The chemical (2S)-3-(4-cyanophenoxy)-N-[4-cyano-3-(trifluoromethyl)phenyl]-2-hydroxy-2-methyl-propanamide is also know as Ostarine and goes by the additional nomenclatures as Enobosarm, MK-2866, GTx-024 and S-22.
Ostarine is a non-steroidal Selective Androgen Receptor Modulator (SARM).
SARMs are relatively new (first appearing in 2003) compounds that bind to specific androgen receptors in the human body and can produce effects similar to those of anabolic steroids, but claim to do so without the various undesirable steroid side effects.
SARMs are taken orally, and, unlike the majority of oral steroids, are not heptotoxic (hard on the liver).
However, before you begin madly Googling for Ostarine with visions of holding up a Mr. Olympia trophy, read on….
Ostarine works by binding to the androgen receptors and affects both muscle and bone tissue. It was developed with the intent of using it as a treatment for conditions such as muscle wasting, andropause, and osteoporosis, especially in the elderly and disease patients.
The compound showed positive results in Phase I and II clinical trials, with the effect of increasing lean muscle with a corresponding increase in muscular strength and decreasing fat.

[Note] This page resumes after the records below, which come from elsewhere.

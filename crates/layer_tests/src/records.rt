// `xemem_wire`: what records look like, and what the decoder answers.
ghost use Rattle.std.specs.Prelude.{◌+◌, ◌≤◌, length};

use std::alloc::{AllocError, Global};
use xemem_wire::{Body, Decoder, FeedFault, Record, WireFault, encode, valid};
use xm_num::{Apid, Enclave, Segid};

// A decoder, how many bytes it has been fed, and what was encoded.
#[derive(Drop)]
struct Stream {
    encoded: Vec<u8>,
    decoder: Decoder,
    fed: u64,
    ghost taken: { decoder.before + length decoder.rest ≤ fed },
}

#[derive(Drop)]
enum Step {
    // A decoder at the beginning of a stream.
    New,
    // Feeds these bytes at once, or one at a time, and the last feed answers so. What the first feed answers is no matter.
    First(&'static [u8]),
    Feed(&'static [u8], Result<(), FeedFault>),
    FeedEach(&'static [u8], Result<(), FeedFault>),
    Torn(u32),
    // How many queries of enclave 1 can be read, of at most one record.
    Queries(usize),
    // A record that isn't valid, and one that is, which is encoded behind the ones before as these bytes.
    Invalid(Record),
    Encode(Record, &'static [u8]),
    // Feeds all that was encoded, so many bytes.
    FeedEncoded(usize),
    // The bytes of the next record.
    Next(Option<&'static [u8]>),
}

fn answers(alloc: Global, stream: &mut Stream, step: &Step) -> bool {
    match step {
        Step::New => renewed(alloc, stream),
        Step::First(bytes) => {
            let _ = feeds(stream, bytes);
            true
        }
        Step::Feed(bytes, want) => feeds(stream, bytes) == *want,
        Step::FeedEach(bytes, want) => feeds_each(stream, bytes) == *want,
        Step::Torn(want) => stream.decoder.torn() == *want,
        Step::Queries(want) => has_queries(stream, *want),
        Step::Invalid(rec) => !valid(rec),
        Step::Encode(rec, want) => encodes(&mut stream.encoded, rec, want),
        Step::FeedEncoded(count) => feeds_encoded(stream, *count),
        Step::Next(want) => gives(alloc, stream, *want),
    }
}

fn renewed(alloc: Global, stream: &mut Stream) -> bool {
    match Decoder::new(alloc) {
        Ok(decoder) => {
            stream.decoder = decoder;
            stream.fed = 0;
            true
        }
        Err(_) => false,
    }
}

// What the feed answers, of few bytes.
fn feeds(stream: &mut Stream, bytes: &[u8]) -> Result<(), FeedFault> {
    if bytes.len() > 100 || stream.fed > 1000 {
        return Err(FeedFault::Memory);
    }
    stream.fed += bytes.len() as u64;
    stream.decoder.feed(bytes)
}

// What the last feed answers.
fn feeds_each(stream: &mut Stream, bytes: &[u8]) -> Result<(), FeedFault> {
    let mut last = Ok(());
    for byte in bytes {
        last = feeds(stream, &[*byte]);
    }
    last
}

fn has_queries(stream: &mut Stream, want: usize) -> bool {
    for _ in 0..want {
        match stream.decoder.next() {
            Ok(Some(rec)) if is_query(&rec) => {}
            _ => return false,
        }
    }
    matches!(stream.decoder.next(), Ok(None))
}

fn is_query(rec: &Record) -> bool {
    matches!(rec.body, Body::Query)
        && rec.origin == Enclave(1)
        && rec.dest.is_none()
        && rec.call == 0
}

// Whether the record is valid and is encoded as these bytes, behind those that stand there.
fn encodes(out: &mut Vec<u8>, rec: &Record, want: &[u8]) -> bool {
    let before = out.len();
    valid(rec) && encode(rec, out).is_ok() && out.get(before..) == Some(want)
}

fn feeds_encoded(stream: &mut Stream, count: usize) -> bool {
    if stream.encoded.len() != count || count > 400 || stream.fed > 1000 {
        return false;
    }
    stream.fed += count as u64;
    stream.decoder.feed(&stream.encoded).is_ok()
}

fn gives(alloc: Global, stream: &mut Stream, want: Option<&[u8]>) -> bool {
    match (stream.decoder.next(), want) {
        (Ok(Some(rec)), Some(bytes)) => encodes(&mut Vec::new(alloc), &rec, bytes),
        (Ok(None), None) => true,
        _ => false,
    }
}

// Bytes, what the last feed of them answers, how many queries of enclave 1 can be read then, and how many bytes are torn.
#[derive(Drop)]
struct Line {
    bytes: &'static [u8],
    answer: Result<(), FeedFault>,
    queries: usize,
    torn: u32,
}

const QUERY: &[u8] = b"\x10\0\0\0\x01\x01\x01\0\xff\xff\0\0\0\0\0\0";

const HERE: &[u8] = b"\x10\0\0\0\x01\x02\0\0\xff\xff\0\0\0\0\0\0";

const REGISTER: &[u8] = b"\x10\0\0\0\x01\x03\xff\0\xff\xff\0\0\0\0\0\0";

const ADMIT: &[u8] = b"\x10\0\0\0\x01\x04\x02\0\xc8\0\0\0\0\0\0\0";

const NAMEREQ: &[u8] = b"\x10\0\0\0\x01\x05\x02\0\xff\xff\0\0\x01\0\0\0";

const NAMED: &[u8] = b"\x18\0\0\0\x01\x06\0\0\x02\0\0\0\x07\0\0\0\x02\x01\0\0\0\0\0\0";

const UNNAME: &[u8] =
    b"\x18\0\0\0\x01\x07\x02\0\xff\xff\0\0\x08\0\0\0\xff\xff\xff\xff\xff\xff\xff\x7f";

const LOOKUP: &[u8] = b"\x18\0\0\0\x01\x08\x02\0\xff\xff\0\0\x09\0\0\0\x02\x01\0\0\0\0\0\0";

const FOUND: &[u8] = b"\x1c\0\0\0\x01\x09\0\0\x02\0\0\0\x09\0\0\0\x02\x01\0\0\0\0\0\0\xff\0\0\0";

const FOUND_NONE: &[u8] =
    b"\x1c\0\0\0\x01\x09\0\0\x02\0\0\0\x09\0\0\0\x02\x01\0\0\0\0\0\0\xff\xff\0\0";

const GET: &[u8] =
    b"\x24\0\0\0\x01\x0a\x02\0\x03\0\0\0\x09\0\0\0\x02\x01\0\0\0\0\0\0\x02\0\0\0\xe8\x03\0\0\xff\xff\xff\xff";

const GRANTED: &[u8] = b"\x14\0\0\0\x01\x0b\x03\0\x02\0\0\0\x09\0\0\0\0\x10\0\0";

const GET_REFUSED: &[u8] = b"\x14\0\0\0\x01\x0c\x03\0\x02\0\0\0\x09\0\0\0\x07\0\0\0";

const RELEASE: &[u8] = b"\x14\0\0\0\x01\x0d\x02\0\x03\0\0\0\x09\0\0\0\xff\xff\xff\xff";

fn bad(bytes: &'static [u8], fault: WireFault, place: u64) -> Line {
    Line {
        bytes,
        answer: Err(FeedFault::Bad { fault, place }),
        queries: 0,
        torn: 0,
    }
}

fn lines() -> [Line; 27] {
    [
        Line {
            bytes: QUERY,
            answer: Ok(()),
            queries: 1,
            torn: 0,
        },
        bad(b"\x0f\0\0\0", WireFault::Length, 0),
        bad(b"\x10\0\0\0\x02", WireFault::Version, 4),
        bad(b"\x10\0\0\0\x01\x15", WireFault::Kind, 5),
        bad(b"\x10\0\0\0\x01\x0e", WireFault::Kind, 5),
        bad(b"\x14\0\0\0\x01\x01", WireFault::Length, 0),
        bad(b"\x18\0\0\0\x01\x05", WireFault::Length, 0),
        bad(b"\x10\0\0\0\x01\x06", WireFault::Length, 0),
        bad(b"\x18\0\0\0\x01\x09", WireFault::Length, 0),
        bad(b"\x18\0\0\0\x01\x06\0\0\xff\xff", WireFault::Field, 8),
        bad(
            b"\x10\0\0\0\x01\x05\x02\0\xff\xff\0\0\0\0\0\0",
            WireFault::Field,
            12,
        ),
        bad(
            b"\x18\0\0\0\x01\x06\0\0\x02\0\0\0\x07\0\0\0\0\0\0\0\0\0\0\x80",
            WireFault::Field,
            16,
        ),
        Line {
            bytes: b"\x18\0\0\0\x01\x06\0\0\x02\0\0\0\x07\0\0\0\xff\xff\xff\xff\xff\xff\xff",
            answer: Ok(()),
            queries: 0,
            torn: 23,
        },
        Line {
            bytes: b"\x10\0\0\0\x01\x01\x01\0\xff\xff\0\0\0\0\0\0\x18\0\0\0\x01\x07\x02\0\xff\xff\0\0\x08\0\0\0\xff\xff\xff\xff\xff\xff\xff\xff",
            answer: Err(FeedFault::Bad {
                fault: WireFault::Field,
                place: 32,
            }),
            queries: 1,
            torn: 0,
        },
        bad(
            b"\x1c\0\0\0\x01\x09\0\0\x02\0\0\0\x09\0\0\0\x02\x01\0\0\0\0\0\0\0\x01",
            WireFault::Field,
            24,
        ),
        bad(
            b"\x1c\0\0\0\x01\x09\0\0\x02\0\0\0\x09\0\0\0\x02\x01\0\0\0\0\0\0\xff\xff\x01\0",
            WireFault::Zero,
            26,
        ),
        bad(
            b"\x24\0\0\0\x01\x0a\x02\0\x03\0\0\0\x09\0\0\0\x02\x01\0\0\0\0\0\x80",
            WireFault::Field,
            16,
        ),
        bad(
            b"\x24\0\0\0\x01\x0a\x02\0\x03\0\0\0\x09\0\0\0\x02\x01\0\0\0\0\0\0\x03\0\0\0",
            WireFault::Field,
            24,
        ),
        bad(
            b"\x14\0\0\0\x01\x0b\x03\0\x02\0\0\0\x09\0\0\0\0\0\0\0",
            WireFault::Field,
            16,
        ),
        bad(
            b"\x14\0\0\0\x01\x0b\x03\0\x02\0\0\0\x09\0\0\0\x01\x10\0\0",
            WireFault::Field,
            16,
        ),
        bad(
            b"\x14\0\0\0\x01\x0c\x03\0\x02\0\0\0\x09\0\0\0\x05\0\0\0",
            WireFault::Field,
            16,
        ),
        bad(
            b"\x14\0\0\0\x01\x0c\x03\0\x02\0\0\0\x09\0\0\0\x08\0\0\0",
            WireFault::Field,
            16,
        ),
        bad(
            b"\x14\0\0\0\x01\x0d\x02\0\x03\0\0\0\x09\0\0\0\0\0\0\0",
            WireFault::Field,
            16,
        ),
        bad(b"\x10\0\0\0\x01\x01\x01\0\0\0", WireFault::Field, 8),
        bad(
            b"\x10\0\0\0\x01\x01\x01\0\xff\xff\x01\0",
            WireFault::Zero,
            10,
        ),
        Line {
            bytes: b"\x10\0\0\0\x01\x01\x01\0\xff\xff\0\0\0\0\0\0\x10\0\0\0\x02",
            answer: Err(FeedFault::Bad {
                fault: WireFault::Version,
                place: 20,
            }),
            queries: 1,
            torn: 0,
        },
        Line {
            bytes: b"\x10\0\0\0\x01\x01\x01\0\xff\xff\0\0\0\0\0",
            answer: Ok(()),
            queries: 0,
            torn: 15,
        },
    ]
}

fn made(origin: u16, dest: Option<Enclave>, call: u32, body: Body) -> Record {
    Record {
        origin: Enclave(origin),
        dest,
        call,
        body,
    }
}

fn named(segid: i64) -> Body {
    Body::Named {
        segid: Segid(segid),
    }
}

fn unname(segid: i64) -> Body {
    Body::Unname {
        segid: Segid(segid),
    }
}

fn lookup(segid: i64) -> Body {
    Body::Lookup {
        segid: Segid(segid),
    }
}

fn found(segid: i64, owner: Option<Enclave>) -> Body {
    Body::Found {
        segid: Segid(segid),
        owner,
    }
}

fn get(segid: i64, flags: u32) -> Body {
    Body::Get {
        segid: Segid(segid),
        flags,
        uid: 1000,
        gid: 4_294_967_295,
    }
}

fn granted(pages: u32) -> Body {
    Body::Granted { pages }
}

fn get_refused(cause: u32) -> Body {
    Body::GetRefused { cause }
}

fn release(apid: i64) -> Body {
    Body::Release { apid: Apid(apid) }
}

// The records of the built kinds, with their spellings, and a stream of all of them.
fn built() -> [Step; 31] {
    let (two, three) = (Some(Enclave(2)), Some(Enclave(3)));
    [
        Step::New,
        Step::Encode(made(1, None, 0, Body::Query), QUERY),
        Step::Encode(made(0, None, 0, Body::Here), HERE),
        Step::Encode(made(255, None, 0, Body::Register), REGISTER),
        Step::Encode(made(2, Some(Enclave(200)), 0, Body::Admit), ADMIT),
        Step::Encode(made(2, None, 1, Body::NameReq), NAMEREQ),
        Step::Encode(made(0, Some(Enclave(2)), 7, named(258)), NAMED),
        Step::Encode(made(2, None, 8, unname(9_223_372_036_854_775_807)), UNNAME),
        Step::Encode(made(2, None, 9, lookup(258)), LOOKUP),
        Step::Encode(made(0, two, 9, found(258, Some(Enclave(255)))), FOUND),
        Step::Encode(made(0, two, 9, found(258, None)), FOUND_NONE),
        Step::Encode(made(2, three, 9, get(258, 2)), GET),
        Step::Encode(made(3, two, 9, granted(4096)), GRANTED),
        Step::Encode(made(3, two, 9, get_refused(7)), GET_REFUSED),
        Step::Encode(made(2, three, 9, release(4_294_967_295)), RELEASE),
        Step::FeedEncoded(304),
        Step::Next(Some(QUERY)),
        Step::Next(Some(HERE)),
        Step::Next(Some(REGISTER)),
        Step::Next(Some(ADMIT)),
        Step::Next(Some(NAMEREQ)),
        Step::Next(Some(NAMED)),
        Step::Next(Some(UNNAME)),
        Step::Next(Some(LOOKUP)),
        Step::Next(Some(FOUND)),
        Step::Next(Some(FOUND_NONE)),
        Step::Next(Some(GET)),
        Step::Next(Some(GRANTED)),
        Step::Next(Some(GET_REFUSED)),
        Step::Next(Some(RELEASE)),
        Step::Next(None),
    ]
}

// Records with a number that is out of its range, and of kinds that aren't built.
fn invalid() -> [Step; 25] {
    let zero = Some(Enclave(0));
    [
        Step::Invalid(made(256, None, 0, Body::Query)),
        Step::Invalid(made(1, zero, 0, Body::Query)),
        Step::Invalid(made(1, None, 0, Body::Admit)),
        Step::Invalid(made(1, Some(Enclave(256)), 0, Body::Admit)),
        Step::Invalid(made(1, Some(Enclave(65535)), 0, Body::Register)),
        Step::Invalid(made(1, None, 1, Body::Here)),
        Step::Invalid(made(1, None, 0, Body::NameReq)),
        Step::Invalid(made(1, zero, 1, Body::NameReq)),
        Step::Invalid(made(1, None, 1, named(1))),
        Step::Invalid(made(1, zero, 1, named(-1))),
        Step::Invalid(made(1, zero, 1, lookup(1))),
        Step::Invalid(made(1, None, 1, lookup(-1))),
        Step::Invalid(made(1, zero, 1, found(1, Some(Enclave(256))))),
        Step::Invalid(made(1, zero, 1, found(1, Some(Enclave(65535))))),
        Step::Invalid(made(1, zero, 1, get(-1, 1))),
        Step::Invalid(made(1, zero, 1, get(1, 0))),
        Step::Invalid(made(1, zero, 0, get(1, 1))),
        Step::Invalid(made(1, zero, 1, granted(0))),
        Step::Invalid(made(1, zero, 1, granted(4097))),
        Step::Invalid(made(1, zero, 1, get_refused(5))),
        Step::Invalid(made(1, zero, 1, get_refused(8))),
        Step::Invalid(made(1, zero, 1, release(0))),
        Step::Invalid(made(1, zero, 1, release(4_294_967_296))),
        Step::Invalid(made(1, zero, 1, Body::Detach)),
        Step::Invalid(made(
            1,
            None,
            0,
            Body::Died {
                enclave: Enclave(2),
            },
        )),
    ]
}

#[test]
fn records_and_streams_of_them(rt: HostRuntime) -> Result<(), AllocError> {
    let mut stream = Stream {
        encoded: Vec::new(rt.alloc()),
        decoder: Decoder::new(rt.alloc())?,
        fed: 0,
    };
    let (built, invalid) = (built(), invalid());
    let tables: [(&str, &[Step]); 2] = [("built", &built), ("invalid", &invalid)];
    for (name, steps) in tables {
        for (row, step) in steps.iter().enumerate() {
            assert!(rt; answers(rt.alloc(), &mut stream, step), "{name}, row {row}");
        }
    }
    for (row, line) in lines().into_iter().enumerate() {
        let (at_once, each) = (
            Step::Feed(line.bytes, line.answer),
            Step::FeedEach(line.bytes, line.answer),
        );
        for feed in [at_once, each] {
            let steps = [
                Step::New,
                feed,
                Step::Torn(line.torn),
                Step::Queries(line.queries),
            ];
            for step in &steps {
                assert!(rt; answers(rt.alloc(), &mut stream, step), "line {row}");
            }
        }
        for cut in 0..line.bytes.len() {
            let steps = [
                Step::New,
                Step::First(&line.bytes[..cut]),
                Step::Feed(&line.bytes[cut..], line.answer),
                Step::Torn(line.torn),
                Step::Queries(line.queries),
            ];
            for step in &steps {
                assert!(rt;
                    answers(rt.alloc(), &mut stream, step),
                    "line {row} cut at {cut}"
                );
            }
        }
    }
    Ok(())
}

Despite it’s reputation for minimal side effects (when compared to steroids) Ostarine doesn’t come without its own set of concerns.
When taken at the recommended dosage for muscle building (15 – 30 milligrams per day compared to a therapeutic dose of 2.5 – 5 milligrams per day) over a period of 2 or more weeks, individuals have experienced various side effects:
- Testicular Atrophy
- Hair loss
- Sleep disturbances
- Female users may develop more male characteristics (deeper voice, increased facial or body hair)
The Goal of SARMs
SARMs are being researched and applied to patient therapy with the intent being able to selectively target the androgen receptors in different tissues differently. The goal here is to develop a compound that allows for a selective response, that response being that tissues target will respond as they would to traditional anabolics, while tissues will not. All gain, no pain, so to speak.
However, none of the SARMs so far developed are truly selective for anabolic effects in muscle or bone tissues without producing androgenic effects in other tissues.
There are, however, several non-steroidal androgens with a ratio of anabolic to androgenic effects of greater than 3:1 and up to as much as 90:1 (see RAD-140). Compare this to testosterone, which has a ratio of 1:1.
This suggests that SARMs are likely to show virilizing side effects at high doses, like the kind typically used by bodybuilders. At lower therapeutic doses they may be an effective application in the treatment of osteoporosis and muscle wasting due to disease or age.
Research to develop stronger and more selective SARMs continues.
As far as taking teh SARMs currently available, it might be best to play “wait and see” to evaluate long tern effects.